Task goal:
Each record below needs to be retyped exactly.

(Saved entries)
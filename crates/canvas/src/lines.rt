// Lines: Bresenham's walk between the ends that are left of a segment.
ghost use Rattle.std.specs.Prelude.{◌≡◌, ◌<◌, ◌≤◌, false};
ghost use Rattle.words.specs.Ink.{inked};
ghost use Rattle.pixels.specs.Bytes.{size, Sized};
ghost use Rattle.canvas.specs.Plot.{inks};
ghost use Rattle.canvas.specs.Lines.{bresenham, line};
ghost use Rattle.canvas.specs.Call.{draw_line, leaves, call};
ghost use Rattle.canvas.specs.Walk.{work, dabs, Did, Fields};
ghost use Rattle.canvas.specs.Trail.{way_of, pen_of, toward, across, along, next, ahead, trail, Goes, Steps, Sets};

use crate::faults::judge;
use crate::plot::dab;
use crate::span::{lift, window};
use crate::{Clip, Drawn, Tally};
use pixels::Canvas;
use pixels::rows::Span;
use segments::Segment;
use words::{Color, Ink};

// Where a walk goes, lifted: its second end, how far that is from the first one, and which way.
#[derive(Clone, Copy)]
struct Way {
    x: u64,
    y: u64,
    dx: u64,
    dy: u64,
    right: bool,
    down: bool,
}

// Where it stands, lifted, and err + 2*dy, which is never negative.
#[derive(Clone, Copy)]
struct Pen {
    x: u64,
    y: u64,
    e: u64,
}

fn way_of(s: Segment) -> Way
    ensures { result ≡ way_of s }
{
    let x1 = lift(s.x1);
    let y1 = lift(s.y1);
    let x = lift(s.x2);
    let y = lift(s.y2);
    Way {
        x,
        y,
        dx: x1.abs_diff(x),
        dy: y1.abs_diff(y),
        right: x1 < x,
        down: y1 < y,
    }
}

fn pen_of(s: Segment) -> Pen
    ensures { (result ≡ pen_of s) × (Sets s) }
{
    let x = lift(s.x1);
    let y = lift(s.y1);
    let dx = x.abs_diff(lift(s.x2));
    let dy = y.abs_diff(lift(s.y2));
    Pen { x, y, e: dx + dy }
}

// One step forward, or back.
fn moved(forward: bool, x: u64) -> u64
    requires { (x < 4294967296) × (forward ≡ false → 1 ≤ x) }
    ensures { result ≡ toward forward x }
{
    if forward { x + 1 } else { x - 1 }
}

fn steps_x(w: Way, s: Pen) -> bool
    requires { Steps w s }
    ensures { result ≡ across w s }
{
    3 * w.dy < 2 * s.e
}

fn steps_y(w: Way, s: Pen) -> bool
    requires { Steps w s }
    ensures { result ≡ along w s }
{
    2 * s.e < w.dx + 4 * w.dy
}

// One step of the walk: both tests are of the same err.
fn advance(w: Way, s: Pen) -> Pen
    requires { Steps w s }
    ensures { result ≡ next w s }
{
    let across = steps_x(w, s);
    let along = steps_y(w, s);
    if across {
        let x = moved(w.right, s.x);
        if along {
            let y = moved(w.down, s.y);
            return Pen {
                x,
                y,
                e: s.e + w.dx - w.dy,
            };
        }
        return Pen {
            x,
            y: s.y,
            e: s.e - w.dy,
        };
    }
    let y = moved(w.down, s.y);
    Pen {
        x: s.x,
        y,
        e: s.e + w.dx,
    }
}

// The walk: it plots where it stands, and stops on the second end.
fn walk(
    canvas: Canvas,
    b: &mut [u8],
    xs: Span,
    ys: Span,
    n: usize,
    way: Way,
    from: Pen,
    ink: Ink,
    t0: Tally,
) -> Tally
    requires { (Sized canvas b.old) × ((Fields canvas xs ys) × ((n ≡ size canvas) × ((Goes way from) × (t0.landed < 9223372036854775808)))) }
    ensures { work b.new result ≡ dabs canvas xs ys (inked ink) (trail way (ahead way from) from) (work b.old t0) }
{
    let mut t = t0;
    let mut s = from;
    loop {
        t = dab(canvas, b, xs, ys, n, s.x, s.y, ink, t);
        if s.x == way.x && s.y == way.y {
            break;
        }
        s = advance(way, s);
    }
    t
}

// The plots between two ends.
fn segment_in(canvas: Canvas, b: &mut [u8], s: Segment, ink: Ink, clip: Clip, t: Tally) -> Tally
    requires { (Sized canvas b.old) × (t.landed < 9223372036854775808) }
    ensures { Did canvas clip (inks (inked ink) (bresenham s)) (work b.old t) (work b.new result) }
{
    let way = way_of(s);
    let from = pen_of(s);
    let xs = window(clip.x, clip.width, canvas.width);
    let ys = window(clip.y, clip.height, canvas.height);
    match canvas.format {
        0 => walk(canvas, b, xs, ys, 1, way, from, ink, t),
        1 => walk(canvas, b, xs, ys, 2, way, from, ink, t),
        _ => walk(canvas, b, xs, ys, 4, way, from, ink, t),
    }
}

// The plots of a line.
pub(crate) fn line_in(
    canvas: Canvas,
    b: &mut [u8],
    x1: i32,
    y1: i32,
    x2: i32,
    y2: i32,
    ink: Ink,
    clip: Clip,
    t: Tally,
) -> Tally
    requires { (Sized canvas b.old) × (t.landed < 9223372036854775808) }
    ensures { Did canvas clip (inks (inked ink) (line canvas x1 y1 x2 y2)) (work b.old t) (work b.new result) }
{
    match segments::clip_segment(x1, y1, x2, y2, canvas.width, canvas.height) {
        None => t,
        Some(s) => segment_in(canvas, b, s, ink, clip, t),
    }
}

pub fn draw_line(
    canvas: Canvas,
    bytes: &mut [u8],
    x1: i32,
    y1: i32,
    x2: i32,
    y2: i32,
    color: Color,
    clip: Clip,
) -> Drawn
    ensures { leaves result bytes.new ≡ call canvas (draw_line x1 y1 x2 y2 color clip) bytes.old }
{
    judge(canvas, bytes.len())?;
    let ink = words::plot_ink(canvas.format, canvas.xor, color);
    Ok(line_in(
        canvas,
        bytes,
        x1,
        y1,
        x2,
        y2,
        ink,
        clip,
        Tally { landed: 0 },
    ))
}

Solution below:
filename crates/canvas/src/lines.rt
// Lines: Bresenham's walk between the ends that are left of a segment.
ghost use Rattle.std.specs.Prelude.{◌≡◌, ◌<◌, ◌≤◌, false};
ghost use Rattle.words.specs.Ink.{inked};
ghost use Rattle.pixels.specs.Bytes.{size, Sized};
ghost use Rattle.canvas.specs.Plot.{inks};
ghost use Rattle.canvas.specs.Lines.{bresenham, line};
ghost use Rattle.canvas.specs.Call.{draw_line, leaves, call};
ghost use Rattle.canvas.specs.Walk.{work, dabs, Did, Fields};
ghost use Rattle.canvas.specs.Trail.{way_of, pen_of, toward, across, along, next, ahead, trail, Goes, Steps, Sets};

use crate::faults::judge;
use crate::plot::dab;
use crate::span::{lift, window};
use crate::{Clip, Drawn, Tally};
use pixels::Canvas;
use pixels::rows::Span;
use segments::Segment;
use words::{Color, Ink};

// Where a walk goes, lifted: its second end, how far that is from the first one, and which way.
#[derive(Clone, Copy)]
struct Way {
    x: u64,
    y: u64,
    dx: u64,
    dy: u64,
    right: bool,
    down: bool,
}

// Where it stands, lifted, and err + 2*dy, which is never negative.
#[derive(Clone, Copy)]
struct Pen {
    x: u64,
    y: u64,
    e: u64,
}

fn way_of(s: Segment) -> Way
    ensures { result ≡ way_of s }
{
    let x1 = lift(s.x1);
    let y1 = lift(s.y1);
    let x = lift(s.x2);
    let y = lift(s.y2);
    Way {
        x,
        y,
        dx: x1.abs_diff(x),
        dy: y1.abs_diff(y),
        right: x1 < x,
        down: y1 < y,
    }
}

fn pen_of(s: Segment) -> Pen
    ensures { (result ≡ pen_of s) × (Sets s) }
{
    let x = lift(s.x1);
    let y = lift(s.y1);
    let dx = x.abs_diff(lift(s.x2));
    let dy = y.abs_diff(lift(s.y2));
    Pen { x, y, e: dx + dy }
}

// One step forward, or back.
fn moved(forward: bool, x: u64) -> u64
    requires { (x < 4294967296) × (forward ≡ false → 1 ≤ x) }
    ensures { result ≡ toward forward x }
{
    if forward { x + 1 } else { x - 1 }
}

fn steps_x(w: Way, s: Pen) -> bool
    requires { Steps w s }
    ensures { result ≡ across w s }
{
    3 * w.dy < 2 * s.e
}

fn steps_y(w: Way, s: Pen) -> bool
    requires { Steps w s }
    ensures { result ≡ along w s }
{
    2 * s.e < w.dx + 4 * w.dy
}

// One step of the walk: both tests are of the same err.
fn advance(w: Way, s: Pen) -> Pen
    requires { Steps w s }
    ensures { result ≡ next w s }
{
    let across = steps_x(w, s);
    let along = steps_y(w, s);
    if across {
        let x = moved(w.right, s.x);
        if along {
            let y = moved(w.down, s.y);
            return Pen {
                x,
                y,
                e: s.e + w.dx - w.dy,
            };
        }
        return Pen {
            x,
            y: s.y,
            e: s.e - w.dy,
        };
    }
    let y = moved(w.down, s.y);
    Pen {
        x: s.x,
        y,
        e: s.e + w.dx,
    }
}

// The walk: it plots where it stands, and stops on the second end.
fn walk(
    canvas: Canvas,
    b: &mut [u8],
    xs: Span,
    ys: Span,
    n: usize,
    way: Way,
    from: Pen,
    ink: Ink,
    t0: Tally,
) -> Tally
    requires { (Sized canvas b.old) × ((Fields canvas xs ys) × ((n ≡ size canvas) × ((Goes way from) × (t0.landed < 9223372036854775808)))) }
    ensures { work b.new result ≡ dabs canvas xs ys (inked ink) (trail way (ahead way from) from) (work b.old t0) }
{
    let mut t = t0;
    let mut s = from;
    loop {
        t = dab(canvas, b, xs, ys, n, s.x, s.y, ink, t);
        if s.x == way.x && s.y == way.y {
            break;
        }
        s = advance(way, s);
    }
    t
}

// The plots between two ends.
fn segment_in(canvas: Canvas, b: &mut [u8], s: Segment, ink: Ink, clip: Clip, t: Tally) -> Tally
    requires { (Sized canvas b.old) × (t.landed < 9223372036854775808) }
    ensures { Did canvas clip (inks (inked ink) (bresenham s)) (work b.old t) (work b.new result) }
{
    let way = way_of(s);
    let from = pen_of(s);
    let xs = window(clip.x, clip.width, canvas.width);
    let ys = window(clip.y, clip.height, canvas.height);
    match canvas.format {
        0 => walk(canvas, b, xs, ys, 1, way, from, ink, t),
        1 => walk(canvas, b, xs, ys, 2, way, from, ink, t),
        _ => walk(canvas, b, xs, ys, 4, way, from, ink, t),
    }
}

// The plots of a line.
pub(crate) fn line_in(
    canvas: Canvas,
    b: &mut [u8],
    x1: i32,
    y1: i32,
    x2: i32,
    y2: i32,
    ink: Ink,
    clip: Clip,
    t: Tally,
) -> Tally
    requires { (Sized canvas b.old) × (t.landed < 9223372036854775808) }
    ensures { Did canvas clip (inks (inked ink) (line canvas x1 y1 x2 y2)) (work b.old t) (work b.new result) }
{
    match segments::clip_segment(x1, y1, x2, y2, canvas.width, canvas.height) {
        None => t,
        Some(s) => segment_in(canvas, b, s, ink, clip, t),
    }
}

pub fn draw_line(
    canvas: Canvas,
    bytes: &mut [u8],
    x1: i32,
    y1: i32,
    x2: i32,
    y2: i32,
    color: Color,
    clip: Clip,
) -> Drawn
    ensures { leaves result bytes.new ≡ call canvas (draw_line x1 y1 x2 y2 color clip) bytes.old }
{
    judge(canvas, bytes.len())?;
    let ink = words::plot_ink(canvas.format, canvas.xor, color);
    Ok(line_in(
        canvas,
        bytes,
        x1,
        y1,
        x2,
        y2,
        ink,
        clip,
        Tally { landed: 0 },
    ))
}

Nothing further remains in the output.